Everyone knows that Data.List.nub
has quadratic time complexity.
{-# OPTIONS_GHC -O2 #-}
module Main where
import Data.List (nub)
import System.Environment (getArgs )
main :: IO ()
main = do
n : _ <- getArgs
print $ sum $ nub [(1::Integer)..read n]
Running this program for small n
indeed demonstrates a quadratic behaviour: growing n
2x makes execution time 4x longer. And yet something strange happens once the living set grows big enough for Gen 1 GC to kick in, at least on my aarch64 machine with GHC 9.6. A run with n = 20000
takes 1.2 seconds:
$ ghc Nub.hs && ./Nub 20000 +RTS -s
200010000
3,737,072 bytes allocated in the heap
3,272 bytes copied during GC
44,328 bytes maximum residency (1 sample(s))
25,304 bytes maximum slop
6 MiB total memory in use (0 MiB lost due to fragmentation)
Tot time (elapsed) Avg pause Max pause
Gen 0 0 colls, 0 par 0.000s 0.000s 0.0000s 0.0000s
Gen 1 1 colls, 0 par 0.000s 0.000s 0.0001s 0.0001s
INIT time 0.001s ( 0.001s elapsed)
MUT time 1.211s ( 1.211s elapsed)
GC time 0.000s ( 0.000s elapsed)
EXIT time 0.000s ( 0.002s elapsed)
Total time 1.212s ( 1.213s elapsed)
%GC time 0.0% (0.0% elapsed)
Alloc rate 3,084,968 bytes per MUT second
Productivity 99.9% of total user, 99.8% of total elapsed
One would expect that for n = 40000
the total execution time would be 4 x 1.2 = 4.8 seconds. But for some reason it is significantly smaller, less than 4 seconds:
$ ghc Nub.hs && ./Nub 40000 +RTS -s
800020000
7,417,072 bytes allocated in the heap
904,264 bytes copied during GC
44,328 bytes maximum residency (1 sample(s))
29,400 bytes maximum slop
7 MiB total memory in use (0 MiB lost due to fragmentation)

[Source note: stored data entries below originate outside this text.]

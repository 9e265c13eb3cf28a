//! The rows of cash flows byte for byte, and what a reader of XML makes of a document. The dates and
//! amounts are those of a swap of 50 million euro from December 1994. It pays 6 percent by 30E/360
//! against a floating rate by ACT/360.
use crate::rows::{exchange, forecast, period};
use crate::writer::{begin, close_tag, leaf, open_tag};
use irs_base::{Dec, Memory, read_date};
use irs_schedule::{CalculationPeriod, PaymentEntry};
use irs_terms::{Currency, Exchange, Frac, Reset};
use irs_xml::read_xml;
use std::alloc::Global;
use std::test::*;

const EXCHANGE: &[u8] = b"      <principalExchange>
        <unadjustedPrincipalExchangeDate>1994-12-14</unadjustedPrincipalExchangeDate>
        <adjustedPrincipalExchangeDate>1994-12-15</adjustedPrincipalExchangeDate>
        <principalExchangeAmount>-50000000.00</principalExchangeAmount>
      </principalExchange>
";

const FIXED: &[u8] = b"        <calculationPeriod>
          <unadjustedStartDate>1994-12-14</unadjustedStartDate>
          <unadjustedEndDate>1995-12-14</unadjustedEndDate>
          <adjustedStartDate>1994-12-14</adjustedStartDate>
          <adjustedEndDate>1995-12-14</adjustedEndDate>
          <calculationPeriodNumberOfDays>360</calculationPeriodNumberOfDays>
          <notionalAmount>50000000.0000</notionalAmount>
          <fixedRate>0.060000000</fixedRate>
          <dayCountYearFraction>1.0000000000</dayCountYearFraction>
        </calculationPeriod>
";

const FLOATING: &[u8] = b"        <calculationPeriod>
          <unadjustedStartDate>1994-12-14</unadjustedStartDate>
          <unadjustedEndDate>1995-06-14</unadjustedEndDate>
          <adjustedStartDate>1994-12-14</adjustedStartDate>
          <adjustedEndDate>1995-06-14</adjustedEndDate>
          <calculationPeriodNumberOfDays>182</calculationPeriodNumberOfDays>
          <notionalAmount>50000000.0000</notionalAmount>
          <floatingRateDefinition>
            <calculatedRate>0.071250000</calculatedRate>
            <rateObservation>
              <resetDate>1994-12-14</resetDate>
              <adjustedFixingDate>1994-12-12</adjustedFixingDate>
              <observedRate>0.070000000</observedRate>
            </rateObservation>
          </floatingRateDefinition>
          <dayCountYearFraction>0.5055555556</dayCountYearFraction>
        </calculationPeriod>
";

const UNKNOWN: &[u8] = b"        <calculationPeriod>
          <unadjustedStartDate>1994-12-14</unadjustedStartDate>
          <unadjustedEndDate>1995-06-14</unadjustedEndDate>
          <adjustedStartDate>1994-12-14</adjustedStartDate>
          <adjustedEndDate>1995-06-14</adjustedEndDate>
          <calculationPeriodNumberOfDays>182</calculationPeriodNumberOfDays>
          <notionalAmount>50000000.0000</notionalAmount>
          <floatingRateDefinition>
            <rateObservation>
              <resetDate>1994-12-14</resetDate>
              <adjustedFixingDate>1994-12-12</adjustedFixingDate>
            </rateObservation>
          </floatingRateDefinition>
          <dayCountYearFraction>0.5055555556</dayCountYearFraction>
        </calculationPeriod>
";

const AMOUNT: &[u8] = b"        <forecastPaymentAmount>
          <currency>EUR</currency>
          <amount>3000000.00</amount>
        </forecastPaymentAmount>
";

const NO_AMOUNT: &[u8] = b"        <forecastPaymentAmount>
          <currency>EUR</currency>
        </forecastPaymentAmount>
";

const DOCUMENT: &[u8] = b"<?xml version=\"1.0\" encoding=\"UTF-8\"?>
<swap xmlns=\"http://www.fpml.org/FpML-5/confirmation\">
  <swapStream>
    <a>1</a>
    <b></b>
    <a>-2.50</a>
  </swapStream>
  <swapStream>
    <b>c > d</b>
  </swapStream>
</swap>
";

const MEANS: &str =
    "{\"swap\":{\"swapStream\":[{\"a\":[\"1\",\"-2.50\"],\"b\":\"\"},{\"b\":\"c > d\"}]}}";

// The text of an exchange on a day that was moved by one.
fn exchange_text(alloc: Global) -> Option<Vec<u8>> {
    let x = Exchange {
        unadjusted: read_date(b"1994-12-14")?,
        adjusted: read_date(b"1994-12-15")?,
        amount: Dec {
            units: -5_000_000_000,
            places: 2,
        },
    };
    let mut out = Vec::new(alloc);
    exchange(&mut out, &x).ok()?;
    Some(out)
}

// The text of a year at a fixed rate of 6 percent.
fn fixed_text(alloc: Global) -> Option<Vec<u8>> {
    let (start, end) = (read_date(b"1994-12-14")?, read_date(b"1995-12-14")?);
    let x = CalculationPeriod {
        start,
        end,
        adjusted_start: start,
        adjusted_end: end,
        days: 360,
        frac: Frac { num: 360, den: 360 },
        notional: 500_000_000_000,
        rate: Some(60_000_000),
    };
    let mut out = Vec::new(alloc);
    period(&mut out, &x, None).ok()?;
    Some(out)
}

// The text of half a year at a floating rate with a spread, where the rate is known.
fn floating_text(alloc: Global, rate: Option<i64>, observed: Option<i64>) -> Option<Vec<u8>> {
    let (start, end) = (read_date(b"1994-12-14")?, read_date(b"1995-06-14")?);
    let x = CalculationPeriod {
        start,
        end,
        adjusted_start: start,
        adjusted_end: end,
        days: 182,
        frac: Frac { num: 182, den: 360 },
        notional: 500_000_000_000,
        rate,
    };
    let r = Reset {
        reset: start,
        fixing: read_date(b"1994-12-12")?,
        observed,
    };
    let mut out = Vec::new(alloc);
    period(&mut out, &x, Some(&r)).ok()?;
    Some(out)
}

// The text of the amount of a payment in cents, where it is known.
fn amount_text(alloc: Global, cents: Option<i128>) -> Option<Vec<u8>> {
    let day = read_date(b"1995-12-14")?;
    let y = PaymentEntry {
        unadjusted: day,
        adjusted: day,
        first_period: 1,
        last_period: 1,
        amount: match cents {
            Some(units) => Some(Dec { units, places: 2 }),
            None => None,
        },
    };
    let mut out = Vec::new(alloc);
    forecast(&mut out, Currency { letters: *b"EUR" }, &y).ok()?;
    Some(out)
}

// A document of two streams, the first with three elements of two names.
fn document(alloc: Global) -> Result<Vec<u8>, Memory> {
    let mut out = Vec::new(alloc);
    begin(&mut out, "swap")?;
    open_tag(&mut out, 1, "swapStream")?;
    leaf(&mut out, 2, "a", b"1")?;
    leaf(&mut out, 2, "b", b"")?;
    leaf(&mut out, 2, "a", b"-2.50")?;
    close_tag(&mut out, 1, "swapStream")?;
    open_tag(&mut out, 1, "swapStream")?;
    leaf(&mut out, 2, "b", b"c > d")?;
    close_tag(&mut out, 1, "swapStream")?;
    close_tag(&mut out, 0, "swap")?;
    Ok(out)
}

// What a reader of XML makes of the document, as JSON.
fn document_means(alloc: Global) -> Option<String> {
    let text = document(alloc).ok()?;
    let value = read_xml(alloc, text.as_slice()).ok()?;
    value.to_string(alloc).ok()
}

#[test]
fn exchanges(rt: HostRuntime) {
    assert!(rt; exchange_text(rt.alloc()).is_some_and(|text| text.as_slice() == EXCHANGE));
}

#[test]
fn calculation_periods(rt: HostRuntime) {
    let alloc = rt.alloc();
    let known = floating_text(alloc, Some(71_250_000), Some(70_000_000));
    assert!(rt; fixed_text(alloc).is_some_and(|text| text.as_slice() == FIXED));
    assert!(rt; known.is_some_and(|text| text.as_slice() == FLOATING));
    assert!(rt; floating_text(alloc, None, None).is_some_and(|text| text.as_slice() == UNKNOWN));
}

#[test]
fn amounts(rt: HostRuntime) {
    let alloc = rt.alloc();
    let known = amount_text(alloc, Some(300_000_000));
    assert!(rt; known.is_some_and(|text| text.as_slice() == AMOUNT));
    assert!(rt; amount_text(alloc, None).is_some_and(|text| text.as_slice() == NO_AMOUNT));
}

#[test]
fn a_document_is_read(rt: HostRuntime) {
    assert!(rt; document(rt.alloc()).is_ok_and(|text| text.as_slice() == DOCUMENT));
    assert!(rt; document_means(rt.alloc()).is_some_and(|json| json.as_str() == MEANS));
}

Tot time (elapsed) Avg pause Max pause
Gen 0 1 colls, 0 par 0.000s 0.000s 0.0004s 0.0004s
Gen 1 1 colls, 0 par 0.000s 0.000s 0.0001s 0.0001s
INIT time 0.001s ( 0.001s elapsed)
MUT time 3.849s ( 3.847s elapsed)
GC time 0.000s ( 0.000s elapsed)
EXIT time 0.000s ( 0.004s elapsed)
Total time 3.850s ( 3.852s elapsed)
%GC time 0.0% (0.0% elapsed)
Alloc rate 1,927,260 bytes per MUT second
Productivity 100.0% of total user, 99.9% of total elapsed
All right, if n = 40000
took 3.85 seconds, we would expect n = 80000
took 15.4 seconds. But yet again in practice it is less than 13.5 seconds:
$ ghc Nub.hs && ./Nub 80000 +RTS -s
3200040000
14,777,112 bytes allocated in the heap
5,408,104 bytes copied during GC
2,727,680 bytes maximum residency (2 sample(s))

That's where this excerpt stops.